Observation #2: The cause is NOT Hospitals.  It is: Contracting practices past 2+ decades. Yes, our largest health system hospitals, as CBGH recently documented, are being paid 2 to 3 times their average breakeven requirements. And yes, hospital consolidation – wearing the sheep’s clothing of “clinical integration” – has served only to increase prices while leaving quality variable.   But that’s “merely” the result of opportunistism on the part of providers.  The underlying causes that provide those opportunities derive from purchasing and plan designs practices of the last two or three decades.  Such practices, at once actively and passively endorsed by employers themselves, had a number of harmful effects.  Due to a combination of health plan self-interest and employer timidity, these practices effectively:

  • Incented hospital systems to get simply bigger and bigger rather requiring that they compete on getting better and offering increased value.
  • Encouraged, even required, that hospitals manage their revenues rather than their costs because plans competed on discounts from hospital charges rather than prices.
  • Forced down physician incomes which then drove the sales of practices to hospitals and explosive increases in OP prices.
  • Paid systems significantly in excess of costs of care which, as MedPAC reported to Congress, resulted in duplicated services, high administrative expenses, and higher costs for purchasers.

Observation #3:  Alternative Solutions to the Problem.   Expecting a single-payer system to happen in the US would be like waiting for Godot.  There would seem only to be two practical solutions to the sort of market dysfunction that allows providers of non-discretionary care to price to what the market will bear for life-saving drugs or in-patient care:

  • Legislative or regulatory actions ranging from “certificate of need” or promoting increased competition to rate setting or even a public, government sponsored option.
  • Disrupting market economics by collectively changing how care is a) purchased/paid for and b) how health benefits are provided as well as requiring how it is delivered.

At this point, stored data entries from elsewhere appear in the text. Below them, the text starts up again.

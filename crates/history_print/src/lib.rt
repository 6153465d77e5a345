//! The text of a run: one line for each act, and the summary behind them.
//!
//! `specs/Acts.antt` says which words an act's line has, one case for each kind of act and message.
//! `specs/Text.antt` says what the summary tells, of each transaction and of each key at each of its
//! holders, and what the whole text is. Each call here appends exactly these bytes, and after want of
//! memory what was there before stands alone. The calls take any list of acts, lawful or not.
#![tactic(auto)]

mod acts;
mod history;
mod messages;
mod parts;
mod summary;
#[cfg(test)]
mod tests;
mod words;

pub use acts::write_act;
pub use history::write_history;
pub use summary::{
    add_numbers, key_set, put_final, put_undecided, put_version_line, write_summary,
};
pub use words::{put_count, put_key, put_node, put_tx, put_value, put_word};
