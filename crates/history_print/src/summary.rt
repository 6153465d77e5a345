//! The summary of a run: a line for each transaction, then one for each key at each of its holders.
ghost use Rattle.std.specs.Prelude.{◌≡◌, ◌≤◌, ℕ, ◌<◌, ◌++◌, ◌∷◌, [], codes, fold, map, reverse, IfOk, OnOk, OnErr, Some};
ghost use Rattle.std.specs.List.{flat_map, range_with_len};
ghost use Rattle.std.specs.Option.{option_copied};
ghost use Rattle.std.specs.Ordering.{nat_cmp};
ghost use Rattle.std.specs.Cmp.Lexicographic.{slice_cmp};
ghost use Rattle.std.specs.BTreeSet.{insert_key};
ghost use Rattle.script_lang.specs.Reads.{keys_named};
ghost use Rattle.placement.specs.Places.{is_among};
ghost use Rattle.grid_model.specs.Documents.{script_numbers, number_order, key_order, keys_of_document};
ghost use Rattle.grid_model.specs.Copies.{snapshot_in};
ghost use Rattle.grid_model.specs.Nodes.{journal, script_of};
ghost use Rattle.journal_words.specs.Journals.{is_closed, later_decision};
ghost use Rattle.grid_model.specs.Stories.{phase_by, skipped_in, story};
ghost use Rattle.run_state.specs.Kept.{past};
ghost use Rattle.history_print.specs.Acts.{spaced, line};
ghost use Rattle.history_print.specs.Begun.{open_words, undecided_words, final_words, story_words};
ghost use Rattle.history_print.specs.Text.{phase_words, tx_line, script_line, tx_lines, version_line, holder_line, key_lines, keys_lines, summary_by, summary_text};

use crate::words::{put_count, put_ident, put_key, put_node, put_tx, put_value, put_word};
use grid_model::{Act, Document, Story};
use journal_words::Version;
use journal_words::records::{later_final, newest_version};
use placement::Cluster;
use run_state::{RunState, script_of};
use score_base::{Ident, Key, Memory, NodeId, Record, TryCopy, TxId, Value, put_bytes};
use script_lang::{Op, Script, is_update, key_of};
use script_runs::first_waiting;
use std::alloc::Global;
use std::collections::BTreeSet;

/// How many nodes a cluster has at most.
const MOST_NODES: u8 = 16;

#[tactic(auto, unfolding(crate::specs::Begun::open_words))]
fn put_open(out: &mut Vec<u8>, waits: Option<usize>) -> Result<(), Memory>
    ensures { OnOk result (out.new.items ≡ out.old.items ++ spaced (open_words waits)) }
{
    match waits {
        None => put_word(out, b"collecting"),
        Some(j) => {
            put_word(out, b"reading")?;
            put_count(out, j as u64)
        }
    }
}

/// Appends the words of a transaction that is not decided: whether it was aborted, whether its reader was
/// answered, the operation that waits, and its snapshot identifier.
#[tactic(auto, unfolding(crate::specs::Begun::undecided_words))]
pub fn put_undecided(
    out: &mut Vec<u8>,
    aborted: bool,
    answered: bool,
    waits: Option<usize>,
    sid: Ident,
) -> Result<(), Memory>
    ensures { OnOk result (out.new.items ≡ out.old.items ++ spaced (undecided_words aborted answered waits sid)) }
{
    if aborted {
        return put_word(out, b"aborted");
    }
    if answered {
        put_word(out, b"read")?;
        return put_ident(out, sid);
    }
    put_open(out, waits)
}

/// The snapshot identifier of a transaction.
fn snapshot_of(story: &Story) -> Ident
    ensures { result ≡ snapshot_in (Some story.now) }
{
    match story.progress.sid {
        None => story.progress.sid0,
        Some(sid) => sid,
    }
}

/// Appends the words of a transaction that is decided, with its final identifier.
#[tactic(auto, unfolding(crate::specs::Begun::final_words))]
pub fn put_final(out: &mut Vec<u8>, f: Ident) -> Result<(), Memory>
    ensures { OnOk result (out.new.items ≡ out.old.items ++ spaced (final_words f)) }
{
    put_word(out, b"committed")?;
    put_ident(out, f)
}

#[tactic(auto, unfolding(crate::specs::Begun::story_words))]
fn put_begun(
    out: &mut Vec<u8>,
    ops: &[Op],
    story: &Story,
    final_ident: Option<Ident>,
) -> Result<(), Memory>
    ensures { OnOk result (out.new.items ≡ out.old.items ++ spaced (story_words ops.now (Some story.now) final_ident)) }
{
    if story.lost {
        return put_word(out, b"lost");
    }
    if let Some(f) = final_ident {
        return put_final(out, f);
    }
    put_undecided(
        out,
        story.aborted,
        story.finished && !is_update(ops),
        first_waiting(ops, story.progress.values.as_slice()),
        snapshot_of(story),
    )
}

#[tactic(auto, unfolding(crate::specs::Begun::story_words))]
fn put_story(
    out: &mut Vec<u8>,
    ops: &[Op],
    story: Option<&Story>,
    final_ident: Option<Ident>,
) -> Result<(), Memory>
    ensures { OnOk result
        (out.new.items ≡ out.old.items ++ spaced (story_words ops.now (option_copied story.entry) final_ident)) }
{
    match story {
        None => put_word(out, b"unbegun"),
        Some(story) => put_begun(out, ops, story, final_ident),
    }
}

/// How many Decided of a transaction do not count.
fn skipped_in(story: Option<&Story>) -> usize
    ensures { result ≡ skipped_in (option_copied story.entry) }
{
    match story {
        None => 0,
        Some(story) => story.skipped,
    }
}

/// The phase of a script's transaction, by its story and by the records of its home.
fn put_phase(
    out: &mut Vec<u8>,
    script: &Script,
    story: Option<&Story>,
    records: &[Record],
) -> Result<(), Memory>
    ensures { OnOk result (out.new.items ≡ out.old.items ++ spaced (phase_words (phase_by script.now.ops
        (option_copied story.entry) (is_closed script.now.number (reverse records.now))
        (later_decision (skipped_in (option_copied story.entry)) script.now.number (reverse records.now)))
        (snapshot_in (option_copied story.entry)))) }
{
    let times = skipped_in(story);
    let final_ident = later_final(times, records, script.number);
    put_story(out, script.ops(), story, final_ident)
}

#[tactic(auto, unfolding(crate::specs::Text::tx_line))]
fn put_tx_line(
    out: &mut Vec<u8>,
    script: &Script,
    story: Option<&Story>,
    records: &[Record],
) -> Result<(), Memory>
    ensures { OnOk result
        (out.new.items ≡ out.old.items ++ tx_line script.now (option_copied story.entry) (reverse records.now)) }
{
    put_bytes(out, b"tx")?;
    put_tx(out, script.number)?;
    put_phase(out, script, story, records)?;
    put_bytes(out, b"\n")
}

#[tactic(auto, unfolding(crate::specs::Text::script_line))]
fn put_script_line(out: &mut Vec<u8>, script: Option<&Script>, run: &RunState) -> Result<(), Memory>
    ensures { OnOk result (out.new.items ≡ out.old.items ++ script_line (story run.now.doc (past run.now))
        (journal run.now.doc (past run.now)) (option_copied script.entry)) }
{
    match script {
        None => Ok(()),
        Some(script) => put_tx_line(
            out,
            script,
            run.story(script.number),
            run.node(script.home).records.as_slice(),
        ),
    }
}

/// Adds the numbers of the scripts.
pub fn add_numbers(numbers: &mut BTreeSet<TxId>, scripts: &[Script]) -> Result<(), Memory>
    ensures { OnOk result (numbers.new.keys ≡ fold (insert_key nat_cmp) numbers.old.keys (script_numbers scripts.now)) }
{
    for script in scripts {
        numbers.insert(script.number)?;
    }
    Ok(())
}

fn put_numbered(
    out: &mut Vec<u8>,
    numbers: &BTreeSet<TxId>,
    scripts: &[Script],
    run: &RunState,
) -> Result<(), Memory>
    ensures { OnOk result (out.new.items ≡ out.old.items ++ flat_map (λ t. script_line
        (story run.now.doc (past run.now)) (journal run.now.doc (past run.now)) (script_of t scripts.now))
        numbers.now.keys) }
{
    for number in numbers {
        put_script_line(out, script_of(scripts, *number), run)?;
    }
    Ok(())
}

#[tactic(auto, unfolding(crate::specs::Text::tx_lines))]
fn put_tx_lines(out: &mut Vec<u8>, scripts: &[Script], run: &RunState) -> Result<(), Memory>
    ensures { OnOk result (out.new.items ≡ out.old.items
        ++ tx_lines scripts.now (story run.now.doc (past run.now)) (journal run.now.doc (past run.now))) }
{
    let mut numbers = BTreeSet::new(*out.allocator());
    add_numbers(&mut numbers, scripts)?;
    put_numbered(out, &numbers, scripts, run)
}

/// Appends the line of a key at a node: the value and the identifier of this version.
#[tactic(auto, unfolding(crate::specs::Text::version_line))]
pub fn put_version_line(
    out: &mut Vec<u8>,
    key: &Key,
    n: NodeId,
    version: Version,
) -> Result<(), Memory>
    ensures { OnOk result (out.new.items ≡ out.old.items ++ version_line key.now n version) }
{
    put_bytes(out, b"key")?;
    put_key(out, key)?;
    put_node(out, n)?;
    put_value(out, version.value)?;
    put_ident(out, version.ident)?;
    put_bytes(out, b"\n")
}

fn is_among(n: NodeId, nodes: &[NodeId]) -> bool
    ensures { result ≡ is_among n nodes.now }
{
    nodes.contains(&n)
}

#[tactic(auto, unfolding(crate::specs::Text::holder_line))]
fn put_holder_line(
    out: &mut Vec<u8>,
    cluster: &Cluster,
    run: &RunState,
    key: &Key,
    n: NodeId,
) -> Result<(), Memory>
    ensures { OnOk result
        (out.new.items ≡ out.old.items ++ holder_line cluster.now (journal run.now.doc (past run.now)) key.now n) }
{
    if !is_among(n, cluster.places.holders(key)) {
        return Ok(());
    }
    let alloc = *out.allocator();
    let version = newest_version(
        alloc,
        run.node(n).records.as_slice(),
        key,
        cluster.init(key),
    )?;
    put_version_line(out, key, n, version)
}

fn put_holder_lines(
    out: &mut Vec<u8>,
    cluster: &Cluster,
    run: &RunState,
    key: &Key,
    count: u8,
) -> Result<(), Memory>
    requires { count ≤ 16 }
    ensures { OnOk result (out.new.items ≡ out.old.items ++ flat_map
        (holder_line cluster.now (journal run.now.doc (past run.now)) key.now) (range_with_len 1 count)) }
{
    for i in 0..count {
        put_holder_line(out, cluster, run, key, NodeId { number: i + 1 })?;
    }
    Ok(())
}

#[tactic(auto, unfolding(crate::specs::Text::key_lines))]
fn put_key_lines(
    out: &mut Vec<u8>,
    cluster: &Cluster,
    run: &RunState,
    key: &Key,
) -> Result<(), Memory>
    ensures { OnOk result
        (out.new.items ≡ out.old.items ++ key_lines cluster.now (journal run.now.doc (past run.now)) key.now) }
{
    put_holder_lines(out, cluster, run, key, MOST_NODES)
}

fn put_each_key(
    out: &mut Vec<u8>,
    keys: &BTreeSet<Key>,
    cluster: &Cluster,
    run: &RunState,
) -> Result<(), Memory>
    ensures { OnOk result (out.new.items
        ≡ out.old.items ++ flat_map (key_lines cluster.now (journal run.now.doc (past run.now))) keys.now.keys) }
{
    for key in keys {
        put_key_lines(out, cluster, run, key)?;
    }
    Ok(())
}

fn add_inits(keys: &mut BTreeSet<Key>, inits: &[(Key, Value)]) -> Result<(), Memory>
    ensures { OnOk result (keys.new.keys ≡ fold (insert_key (slice_cmp nat_cmp)) keys.old.keys (map (λ x. x.0) inits.now)) }
{
    for init in inits {
        keys.insert(init.0)?;
    }
    Ok(())
}

fn add_ops(keys: &mut BTreeSet<Key>, ops: &[Op]) -> Result<(), Memory>
    ensures { OnOk result (keys.new.keys ≡ fold (insert_key (slice_cmp nat_cmp)) keys.old.keys (keys_named ops.now)) }
{
    for op in ops {
        keys.insert(key_of(op))?;
    }
    Ok(())
}

fn add_scripts(keys: &mut BTreeSet<Key>, scripts: &[Script]) -> Result<(), Memory>
    ensures { OnOk result (keys.new.keys
        ≡ fold (insert_key (slice_cmp nat_cmp)) keys.old.keys (flat_map (λ s. keys_named s.ops) scripts.now)) }
{
    for script in scripts {
        add_ops(keys, script.ops())?;
    }
    Ok(())
}

/// The keys that an initial value or an operation names.
pub fn key_set(alloc: Global, doc: &Document) -> Result<BTreeSet<Key>, Memory>
    ensures { IfOk result (λ s. s.keys ≡ key_order (keys_of_document doc.now.cluster.inits doc.now.scripts)) }
{
    let mut keys = BTreeSet::new(alloc);
    add_inits(&mut keys, doc.cluster().inits.as_slice())?;
    add_scripts(&mut keys, doc.scripts())?;
    Ok(keys)
}

#[tactic(auto, unfolding(crate::specs::Text::keys_lines))]
fn put_keys_lines(out: &mut Vec<u8>, doc: &Document, run: &RunState) -> Result<(), Memory>
    ensures { OnOk result (out.new.items ≡ out.old.items ++ keys_lines doc.now (journal run.now.doc (past run.now))) }
{
    let keys = key_set(*out.allocator(), doc)?;
    put_each_key(out, &keys, doc.cluster(), run)
}

#[tactic(auto, unfolding(crate::specs::Text::summary_by))]
fn put_summary(out: &mut Vec<u8>, doc: &Document, run: &RunState) -> Result<(), Memory>
    ensures { OnOk result (out.new.items ≡ out.old.items
        ++ summary_by doc.now (story run.now.doc (past run.now)) (journal run.now.doc (past run.now))) }
{
    put_bytes(out, b"summary\n")?;
    put_tx_lines(out, doc.scripts(), run)?;
    put_keys_lines(out, doc, run)
}

/// The run of a document with these acts.
fn run_of<'a>(alloc: Global, doc: &'a Document, acts: &[Act]) -> Result<RunState<'a>, Memory>
    ensures { IfOk result (λ run. run ≡ record { doc = doc.now; acts = acts.now }) }
{
    let mut run = RunState::new(alloc, doc)?;
    for act in acts {
        run = run.keep(alloc, act.copy()?)?;
    }
    Ok(run)
}

/// Appends the summary of these acts: the phase of each transaction of the document behind them, in
/// rising number, and the newest version of each of its keys at each of the key's holders, by the
/// records that stand, in byte order and then by rising node. After [`Memory`] `out` is as before.
pub fn write_summary(doc: &Document, acts: &[Act], out: &mut Vec<u8>) -> Result<(), Memory>
    ensures ok { OnOk result (out.new.items ≡ out.old.items ++ summary_text doc.now acts.now) }
    ensures err { OnErr result (out.new.items ≡ out.old.items) }
{
    let alloc = *out.allocator();
    let run = run_of(alloc, doc, acts)?;
    let mut summary = Vec::new(alloc);
    put_summary(&mut summary, doc, &run)?;
    put_bytes(out, summary.as_slice())
}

Observation #4:  Role and Responsibility of the Purchaser.  There’s no point in beating around the bus on this one:  Of the alternative solutions cited above, some sort of proactive change in purchasing is probably a matter of fiduciary responsibility.  Besides, just to be practical: only changing purchasing and benefit practices are under control of purchasers.   

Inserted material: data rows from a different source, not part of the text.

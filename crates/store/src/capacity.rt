// How many live visits and kept readings a store may hold. More than the layout has room for counts as what it has.
use crate::layout::{READINGS_ROOM, VISITS_ROOM};

#[derive(Clone, Copy)]
pub struct Capacity {
    pub visits: usize,
    pub readings: usize,
}

// All the room that the layout has.
pub const FULL: Capacity = Capacity {
    visits: VISITS_ROOM,
    readings: READINGS_ROOM,
};

// What `settle` keeps at most unless it is told otherwise.
pub const SMALL: Capacity = Capacity {
    visits: 64,
    readings: 256,
};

Three Conclusions:  It seems to me that the above observations lead, rather directly, to three conclusions.

  1. Lower prices can be achieved, and costs significantly reduced through value-based plan designs, beginning a chain-reaction in the marketplace for long term improvements.  As early as their next plan year, employers could immediately improve plan performance by incentivizing the use of a) advanced practice primary care, b)  high performing specialists, and c) lower-cost free-standing facilities (instead of hospital based out-patient departments).
  2. Lower prices mitigate results but don’t fully solve underlying problems of inconsistent effectiveness and consistent inefficiency.  The employers who pay for care should directly align and work with the physicians who either provide or direct the provision of that care.
  3. The long-term solution to market dysfunction will require altering the contracting practices, over several years, that caused the problems in the first place.  Alternative payment models such as episodes of care along with along with benchmarked, reference-based pricing are essential.

Solution.    History makes one thing clear about free-markets:  purchasing power must, at the least, counter-balance the power of suppliers.   As Dr. David Blumenthal and colleagues recent advised, to solve healthcare costs US employers should create purchasing alliances.